Internal cross-border investigation of cyber attack
The Serbian company collects blood samples, from customers who are willing to deposit a blood sample to a blood-sample bank in the United States. The Serbian and US company have a mutually concluded agreement of their business cooperation, which established governence of the US law and juridiction of the court in San Francisco. The US company has EU staff and representatives from the United Kingdom and the Netherlands. The internal general counsel of the US company comes from the UK and the main business representatives come from the Netherlands. The Serbian company, according to its ordinary course of business, collected local fees from customers and, according to three invoices of the US company, paid and transferred money. After a few months the US company declared the default of the Serbian company, because they did not receive the money. The internal investigations started in both companies separately as a first agreed step. A US company discovered that they recognised some strange email communications, but they did not react because they did not deeply analyse strange emails and correspondence. The Serbian company discovered fake emails with fake invoices, and they realised their own mistakes in the payment process, because on all three invoices there were different accounts and banks from the regular payment process before the event. As a second step, a joint cross-border internal investigation was agreed and performed. Both companies engaged outsourced independent IT experts from different expert companies, with the task of clarifying where and on which side was the primary attack and intrusion into the system and if the system was still compromised, not just because of the financial issue and loss, but also because of the data protection issue of very sensitive customer information – blood samples and test results of the blood samples.
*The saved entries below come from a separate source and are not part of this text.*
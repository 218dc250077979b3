use crate::one_page::{ONE_PAGE, changed, read};
use dump_bytes::{Dump, DumpFault, FrameRec, ProcRec, SlotRec, write_dump};
use outside_io::{MemorySink, WriteFault};
use std::alloc::{AllocError, Global};
use std::test::Fail;
use vm_types::{Page, Proc};

fn one_page(alloc: Global) -> Result<Dump, AllocError> {
    let none = FrameRec {
        state: 0,
        modify: false,
        page: None,
        refs: 0,
        shares: 0,
    };
    let active = FrameRec {
        state: 7,
        modify: true,
        page: Some(Page::Private(Proc(0), 0)),
        refs: 1,
        shares: 1,
    };
    let empty = SlotRec {
        filled: false,
        locked: false,
        pinned: false,
        vpn: 0,
    };
    let filled = SlotRec {
        filled: true,
        locked: false,
        pinned: false,
        vpn: 0,
    };
    let proc = ProcRec {
        status: 0,
        hand: 1,
        limit: 4,
        slots: vec![in alloc; filled, empty, empty, empty]?,
        words: vec![in alloc; (0, 0xa400_0000)]?,
    };
    Ok(Dump {
        frames: vec![in alloc; active, none, none, none, none, none, none, none]?,
        free: vec![in alloc; 1, 2, 3, 4, 5, 6, 7]?,
        modified: Vec::new(alloc),
        size: 4,
        charged: 1,
        assigned: 0,
        procs: vec![in alloc; proc]?,
        flights: Vec::new(alloc),
    })
}

#[test]
fn a_dump_is_read_and_written_back(rt: HostRuntime) -> Result<(), Fail> {
    let alloc = rt.alloc();
    let dump = read(alloc, ONE_PAGE.to_vec(alloc)?, &[])??;
    assert_eq!(rt;
        format!(in alloc; "{dump:?}")?,
        format!(in alloc; "{:?}", one_page(alloc)?)?
    );
    let more = read(alloc, changed(alloc, 51, 2)?, &[])??;
    assert_eq!(rt; more.frames.len(), 8);
    assert_eq!(rt; more.frames[0].refs, 2);
    // Room, failing and stalling calls; the answer, and how many bytes were taken.
    let table: [(u32, &[u32], &[u32], Result<(), WriteFault>, usize); 4] = [
        (288, &[], &[], Ok(()), 288),
        (288, &[3], &[], Err(WriteFault::Failed), 56),
        (288, &[], &[3], Err(WriteFault::NoneTaken), 56),
        (100, &[], &[], Err(WriteFault::NoneTaken), 100),
    ];
    for (room, fails, stalls, answer, taken) in table {
        let mut sink = MemorySink::new(alloc, room, fails.to_vec(alloc)?, stalls.to_vec(alloc)?)?;
        assert_eq!(rt; write_dump(&dump, &mut sink), answer);
        assert_eq!(rt; Some(sink.taken()), ONE_PAGE.get(..taken));
    }
    Ok(())
}

#[test]
fn the_first_bad_byte_is_told(rt: HostRuntime) -> Result<(), Fail> {
    let alloc = rt.alloc();
    // The place of a byte and its new value, and how many bytes are good.
    let table = [
        (3, 0, 3),
        (11, 7, 11),
        (10, 0x40, 11),
        (36, 8, 36),
        (38, 3, 38),
        (43, 1, 43),
        (63, 1, 63),
        (199, 8, 199),
        (224, 4, 224),
        (231, 0, 231),
        (235, 4, 235),
        (240, 2, 240),
        (255, 1, 255),
        (275, 5, 275),
        (280, 0x24, 280),
        (280, 0x8c, 280),
        (283, 8, 283),
        (287, 9, 287),
        (287, 1, 288),
    ];
    for (place, byte, good) in table {
        let answer = read(alloc, changed(alloc, place, byte)?, &[])?;
        assert_eq!(rt; answer.err(), Some(DumpFault::Bad(good)), "byte {place}");
    }
    // What stands behind the whole dump but its last byte, and how many bytes are good.
    let ends: [(&[u8], u64); 4] = [
        (&[], 287),
        (&[0, 0], 288),
        (&[2, 0, 0, 0, 1, 0, 0, 0, 1], 295),
        (&[2, 0, 0, 0, 7, 0, 0, 0, 7], 291),
    ];
    for (end, good) in ends {
        let mut bytes = ONE_PAGE[..287].to_vec(alloc)?;
        bytes.extend_from_slice(end)?;
        assert_eq!(rt; read(alloc, bytes, &[])?.err(), Some(DumpFault::Bad(good)));
    }
    Ok(())
}

#[test]
fn a_dump_that_is_cut_or_goes_on_is_bad_there(rt: HostRuntime) -> Result<(), Fail> {
    let alloc = rt.alloc();
    for count in 0..288 {
        let answer = read(alloc, ONE_PAGE[..count].to_vec(alloc)?, &[])?;
        assert_eq!(rt; answer.err(), Some(DumpFault::Bad(count as u64)));
    }
    for byte in [0, 1, 8, 0xff] {
        let mut bytes = ONE_PAGE.to_vec(alloc)?;
        bytes.push(byte)?;
        assert_eq!(rt; read(alloc, bytes, &[])?.err(), Some(DumpFault::Bad(288)));
    }
    Ok(())
}

#[test]
fn a_cut_dump_and_a_failed_read_are_told_apart(rt: HostRuntime) -> Result<(), Fail> {
    let alloc = rt.alloc();
    // How many bytes there are, the call that fails, and the answer.
    let table = [
        (100, 0, DumpFault::Bad(100)),
        (0, 0, DumpFault::Bad(0)),
        (100, 2, DumpFault::ReadFault),
        (288, 2, DumpFault::ReadFault),
        (288, 1, DumpFault::ReadFault),
    ];
    for (count, fails, answer) in table {
        let bytes = ONE_PAGE[..count].to_vec(alloc)?;
        assert_eq!(rt; read(alloc, bytes, &[fails])?.err(), Some(answer));
    }
    // The byte that was read before the failed call is bad.
    assert_eq!(rt;
        read(alloc, changed(alloc, 36, 8)?, &[2])?.err(),
        Some(DumpFault::Bad(36))
    );
    Ok(())
}
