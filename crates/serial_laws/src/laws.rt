ghost use Rattle.serial_laws.specs.Laws.{
  CarriersStayBetween,
  CleaningControlFits,
  FirstControlFits,
  MadeTurnsAreLegal,
  MovesAddEntries,
  MovesKeep,
  MovesStayBetween,
  RefusalIsLegal,
  RestsAtTheEnd,
  SeatsMayWork,
  TaskIsFormed,
};

/// Before the first request, and where the rundown begins, the policy is where it fits the past.
pub fn first_control_fits()
    ensures first { FirstControlFits }
    ensures cleaning { CleaningControlFits }
{}

/// The next task's process is one of the configuration, and its request is well formed.
pub fn task_is_formed()
    ensures { TaskIsFormed }
{}

/// Where it fits the past and is not in the rundown, the policy rests only if no request is left: it never
/// waits for a transfer, a charge or a process that isn't resident, and it always finds a frame.
pub fn rests_at_the_end()
    ensures { RestsAtTheEnd }
{}

/// Each move leads from where the policy fits the past to where it fits the longer one. If its entries were
/// legal, no flight is open and no reuse is due after it, nor before the refusal that a landing leads to.
pub fn moves_keep()
    ensures control { MovesKeep }
    ensures between { MovesStayBetween }
    ensures landed { CarriersStayBetween }
{}

/// If the failure of a carrier refuses the next request, that is the request of the carrier's own seat, and
/// its refusal is legal once the carrier has landed.
pub fn refusal_is_legal()
    ensures { RefusalIsLegal }
{}

/// Between two moves each seat may begin its work, and each turn of a process's status that is a move is
/// legal.
pub fn made_moves_are_legal()
    ensures seats { SeatsMayWork }
    ensures turns { MadeTurnsAreLegal }
{}

/// Each move makes the past longer.
pub fn moves_add_entries()
    ensures { MovesAddEntries }
{}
The joint experts committee created an IT fact-finding report and concluded that the first intrusion was on the side of the US company and because of no timely reaction and lack of control, this attack was not discovered. Later, the criminals communicated with the Serbian company, using emails of US companies and sent fake invoices to the Serbian company. Because of the lack of financial control, the Serbian companies paid fake invoices to the criminals. The joint experts committee excluded compromising the system in the part of the personal data sensitivities.
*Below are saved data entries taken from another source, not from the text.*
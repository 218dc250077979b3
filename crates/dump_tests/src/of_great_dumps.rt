ghost use Rattle.std.specs.Prelude.{◌<◌, ◌^◌};

use crate::one_page::read;
use command_ends::Status;
use dump_bytes::write_dump;
use dump_lines::{recount, show};
use outside_io::MemorySink;
use std::alloc::{AllocError, Global};
use std::test::Fail;

fn push(bytes: &mut Vec<u8>, numbers: &[u32]) -> Result<(), AllocError> {
    for n in numbers {
        bytes.extend_from_slice(&n.to_be_bytes())?;
    }
    Ok(())
}

/// All frame numbers.
fn push_frames(bytes: &mut Vec<u8>) -> Result<(), AllocError> {
    for f in 0..16384 {
        push(bytes, &[f])?;
    }
    Ok(())
}

/// A process whose 1024 slots are locked and pinned, with a page each, in frames from this one on.
fn push_process(bytes: &mut Vec<u8>, first: u32) -> Result<(), AllocError>
    requires { first < 2 ^ 14 }
{
    push(bytes, &[0, 1024, 1023, u32::MAX])?;
    for vpn in 0..1024 {
        bytes.extend_from_slice(&[7, 0, 0, 0])?;
        push(bytes, &[vpn])?;
    }
    push(bytes, &[1024])?;
    for vpn in 0..1024 {
        push(bytes, &[vpn, 0xa400_0000 + first + vpn])?;
    }
    Ok(())
}

/// The longest dump. Each frame is active and has one page of a process, which is pinned, and an open
/// transfer; and it is on both page lists.
fn great(alloc: Global) -> Result<Vec<u8>, AllocError> {
    let mut bytes = b"VMSDUMP1".to_vec(alloc)?;
    push(
        &mut bytes,
        &[16384, 16384, 16384, 16, u32::MAX, u32::MAX, u32::MAX],
    )?;
    for f in 0..16384 {
        bytes.extend_from_slice(&[7, 1, 1, 0])?;
        push(&mut bytes, &[f / 1024, f % 1024, 3, 1])?;
    }
    push_frames(&mut bytes)?;
    push_frames(&mut bytes)?;
    for p in 0..16 {
        push_process(&mut bytes, 1024 * p)?;
    }
    push(&mut bytes, &[16384])?;
    push_frames(&mut bytes)?;
    Ok(bytes)
}

#[test]
fn the_greatest_dump_is_read_and_written_back(rt: HostRuntime) -> Result<(), Fail> {
    let alloc = rt.alloc();
    let bytes = great(alloc)?;
    assert_eq!(rt; bytes.len(), 786_792);
    let dump = read(alloc, great(alloc)?, &[])??;
    let mut sink = MemorySink::new(alloc, 786_792, Vec::new(alloc), Vec::new(alloc))?;
    assert_eq!(rt; write_dump(&dump, &mut sink), Ok(()));
    assert!(rt; sink.taken() == bytes.as_slice());
    Ok(())
}

#[test]
fn the_greatest_dump_is_shown(rt: HostRuntime) -> Result<(), Fail> {
    let alloc = rt.alloc();
    let dump = read(alloc, great(alloc)?, &[])??;
    let counts = recount(alloc, &dump)?;
    let mut sink = MemorySink::new(alloc, 4_000_000, Vec::new(alloc), Vec::new(alloc))?;
    assert_eq!(rt; show(&dump, counts.as_slice(), &mut sink), Status(0));
    let text = sink.taken();
    let first = b"DUMP 16384 16\nFRAME 0 ACTIVE A/00000000 MODIFY 1 REFS 3 SHARES 1\n";
    assert_eq!(rt; text.get(..first.len()), Some(first.as_slice()));
    let last = b"WRONG F16383 MODIFIED 0 RECOUNT 1\nWRONG 32768\nSTATUS 0\n";
    assert!(rt; text.ends_with(last));
    Ok(())
}
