//! Tests of dumps: their bytes, and their text with the recount. Their contracts are proved where the
//! parts stand; the tests show what no clause says: that a call returns, bytes and texts that were
//! worked out by hand, and the greatest sizes.
#![tactic(auto)]

#[cfg(test)]
mod of_dump_bytes;
#[cfg(test)]
mod of_dump_lines;
#[cfg(test)]
mod of_great_dumps;
#[cfg(test)]
mod one_page;
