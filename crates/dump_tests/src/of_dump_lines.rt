use crate::one_page::{ONE_PAGE, changed, read};
use command_ends::Status;
use dump_lines::{recount, show};
use outside_io::MemorySink;
use std::alloc::Global;
use std::test::Fail;

/// The text of the dump of these bytes, with the status, if there is room for as many bytes.
fn shown(alloc: Global, bytes: Vec<u8>, room: u32) -> Result<(Vec<u8>, Status), Fail> {
    let dump = read(alloc, bytes, &[])??;
    let counts = recount(alloc, &dump)?;
    let mut sink = MemorySink::new(alloc, room, Vec::new(alloc), Vec::new(alloc))?;
    let status = show(&dump, counts.as_slice(), &mut sink);
    Ok((sink.taken().to_vec(alloc)?, status))
}

const WHOLE: &str = "DUMP 8 1
FRAME 0 ACTIVE A/00000000 MODIFY 1 REFS 1 SHARES 1
LIST FREE 7
ON F1
ON F2
ON F3
ON F4
ON F5
ON F6
ON F7
LIST MODIFIED 0
PROCESS A RESIDENT COUNT 1 LIMIT 4 HAND 1
SLOT 0 A/00000000
PAGEFILE 4 CHARGED 1 ASSIGNED 0
WRONG 0
STATUS 0
";

#[test]
fn a_dump_is_shown_line_by_line(rt: HostRuntime) -> Result<(), Fail> {
    let alloc = rt.alloc();
    let (text, status) = shown(alloc, ONE_PAGE.to_vec(alloc)?, 1000)?;
    assert_eq!(rt; status, Status(0));
    assert_eq!(rt; text.as_slice(), WHOLE.as_bytes());
    // With less room the text is cut, and the status is 4.
    let (text, status) = shown(alloc, ONE_PAGE.to_vec(alloc)?, 100)?;
    assert_eq!(rt; status, Status(4));
    assert_eq!(rt; Some(text.as_slice()), WHOLE.as_bytes().get(..100));
    Ok(())
}

/// Whether the line stands in the text, with a line before it.
fn has_line(alloc: Global, text: &[u8], line: &str) -> Result<bool, Fail> {
    let wanted = format!(in alloc; "\n{line}\n")?;
    Ok(
        text.windows(wanted.len())
            .any(|part| part == wanted.as_bytes()),
    )
}

#[test]
fn what_differs_from_its_recount_is_wrong(rt: HostRuntime) -> Result<(), Fail> {
    let alloc = rt.alloc();
    // The place of a byte and its new value, and lines of the text.
    let table: [(usize, u8, &[&str]); 14] = [
        (
            51,
            2,
            &[
                "FRAME 0 ACTIVE A/00000000 MODIFY 1 REFS 2 SHARES 1",
                "WRONG F0 REFS 2 RECOUNT 1\nWRONG 1",
            ],
        ),
        (
            55,
            3,
            &[
                "FRAME 0 ACTIVE A/00000000 MODIFY 1 REFS 1 SHARES 3",
                "WRONG F0 SHARES 3 RECOUNT 1\nWRONG 1",
            ],
        ),
        (52, 0xff, &["WRONG F0 SHARES 4278190081 RECOUNT 1\nWRONG 1"]),
        (56, 3, &["WRONG F1 FREE 0 RECOUNT 1\nWRONG 1"]),
        (
            56,
            1,
            &["WRONG F1 FREE 0 RECOUNT 1\nWRONG F1 MODIFIED 1 RECOUNT 0\nWRONG 2"],
        ),
        (
            199,
            2,
            &[
                "ON F2\nON F2",
                "WRONG F1 FREE 1 RECOUNT 0\nWRONG F2 FREE 1 RECOUNT 2\nWRONG 2",
            ],
        ),
        (
            36,
            0,
            &[
                "FRAME 0 FREE A/00000000 MODIFY 1 REFS 1 SHARES 1",
                "WRONG F0 FREE 1 RECOUNT 0\nWRONG 1",
            ],
        ),
        (36, 2, &["FRAME 0 BAD\nLIST FREE 7", "WRONG 0"]),
        (
            38,
            2,
            &["FRAME 0 ACTIVE #0/0 MODIFY 1 REFS 1 SHARES 1", "WRONG 0"],
        ),
        (240, 3, &["SLOT 0 A/00000000 LOCKED", "WRONG 0"]),
        (
            240,
            5,
            &[
                "SLOT 0 A/00000000 PINNED",
                "WRONG F0 REFS 1 RECOUNT 2\nWRONG 1",
            ],
        ),
        (
            240,
            7,
            &[
                "SLOT 0 A/00000000 LOCKED PINNED",
                "WRONG F0 REFS 1 RECOUNT 2\nWRONG 1",
            ],
        ),
        (247, 3, &["SLOT 0 A/00000600", "WRONG 0"]),
        (
            283,
            4,
            &[
                "WRONG F0 REFS 1 RECOUNT 0\nWRONG F0 SHARES 1 RECOUNT 0\nWRONG F4 REFS 0 RECOUNT 1\nWRONG F4 SHARES 0 RECOUNT 1\nWRONG 4",
            ],
        ),
    ];
    for (place, byte, lines) in table {
        let (text, status) = shown(alloc, changed(alloc, place, byte)?, 1000)?;
        assert_eq!(rt; status, Status(0));
        for line in lines {
            assert!(rt;
                has_line(alloc, text.as_slice(), line)?,
                "byte {place}: {line}"
            );
        }
    }
    Ok(())
}
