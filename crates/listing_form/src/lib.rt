// What the listing of a file is, line by line and whole, and what the call for it hands back: types, definitions and laws; no function.
#![tactic(auto)]
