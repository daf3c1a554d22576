ghost use Rattle.std.specs.Prelude.{◌≡◌, ◌<◌, ◌⊎◌, ◌↔◌, ℕ, IsTrue, length, IfOk, IfErr, OnOk};
ghost use Rattle.vtr_base.specs.Lists.{Has};
ghost use Rattle.blif_elems.specs.Seen.{texts};
ghost use Rattle.blif_books.specs.Books.{Mentions, MentionsAll, Makes, CantMake, IsDriven, no_book};
ghost use Rattle.blif_errors.specs.declared.error.BlifError.TheVariants.{OutOfMemory};

use blif_errors::BlifError;
use blif_nets::{Driven, drive_all, number_all, number_one, take_words};
use indexmap::IndexSet;
use names::Names;
use std::alloc::{AllocError, Global};
use std::marker::Model;
use vtr_base::{Place, Text};

/// The names of nets by first mention, which nets are driven, and the names of atoms.
#[derive(Drop)]
pub struct Book {
    nets: Names,
    driven: Driven,
    names: Names,
}

impl Model for Book {
    ghost use Rattle.blif_books.specs.Books.{BookSaid};

    ghost Value = { BookSaid };

    ghost view = { λ b. record { nets = b.nets; driven = b.driven.keys; names = b.names } };
}

impl Book {
    /// Nothing is mentioned.
    pub fn new(alloc: Global) -> Book
        ensures { result ≡ no_book }
    {
        Book {
            nets: Names::new(alloc),
            driven: IndexSet::new(alloc),
            names: Names::new(alloc),
        }
    }

    /// The names of nets, by number.
    pub fn nets(&self) -> &Names
        ensures { result.now ≡ self.now.nets }
    {
        &self.nets
    }

    /// Whether the net of this name is driven.
    pub fn drives(&self, name: &str) -> bool
        ensures { IsTrue result ↔ IsDriven self.now name.now }
    {
        self.nets.law();
        let Some(net) = self.nets.find(name) else {
            return false;
        };
        has_key(&self.driven, net)
    }

    /// Whether an atom has this name.
    pub fn has_atom(&self, name: &str) -> bool
        ensures { IsTrue result ↔ Has self.now.names name.now }
    {
        self.names.find(name).is_some()
    }

    /// The number of the net of this name.
    pub fn mention(&mut self, word: &str) -> Result<u32, AllocError>
        ensures { IfOk result (λ n. Mentions self.old word.now self.new n) }
    {
        number_one(&mut self.nets, word)
    }

    /// The numbers of the nets of these names.
    pub fn mention_all(&mut self, alloc: Global, words: &[&str]) -> Result<Vec<u32>, AllocError>
        ensures numbers { IfOk result
            (λ ns. MentionsAll self.old (texts words.now) self.new ns.items) }
        ensures within { IfOk result
            (λ ns. (n : ℕ) → Has ns.items n → n < length self.new.nets) }
    {
        number_all(alloc, &mut self.nets, words)
    }

    /// Drives nets, and gives names to atoms, for a line at this place.
    pub fn make(
        &mut self,
        alloc: Global,
        driven: &[u32],
        atoms: &[&str],
        place: Place,
    ) -> Result<(), BlifError>
        requires { (n : ℕ) → Has driven.now n → n < length self.old.nets }
        ensures made { OnOk result (Makes self.old driven.now (texts atoms.now) self.new) }
        ensures refused { IfErr result (λ e. (e ≡ OutOfMemory)
            ⊎ CantMake self.old driven.now (texts atoms.now) place e) }
    {
        if let Some(net) = drive_all(&mut self.driven, driven)? {
            let net = Text::from_str(alloc, self.nets.text(net))?;
            return Err(BlifError::TwoDrivers { net });
        }
        if !take_words(&mut self.names, atoms)? {
            return Err(BlifError::BadLine { place });
        }
        Ok(())
    }
}

/// Whether a net is among those that are driven.
fn has_key(driven: &Driven, net: u32) -> bool
    ensures { IsTrue result ↔ Has driven.now.keys net }
{
    driven.contains(&net)
}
The conclusion was that it was a cyber attack scheme known as ’midmen fraud’, where cyber criminals were actually operating in the middle of two companies.
This kind of investigation should concern not only general criminal rules, but also IT expertise with cross-border elements, US and EU Single Resolution Board regulations, data protection and sensitivities and high potential reputational damage and credibility risks for both companies.
This case has resulted in criminal proceedings against cyber criminals from Romania, living in the UK and damage claims against several banks because of lack of anti money laundering control of the accounts of cyber criminals. The case came before the Serbian Cyber Prosecutor Office, with international legal assistance procedure in the UK, and cooperation with the Federal Bureau of Investigation.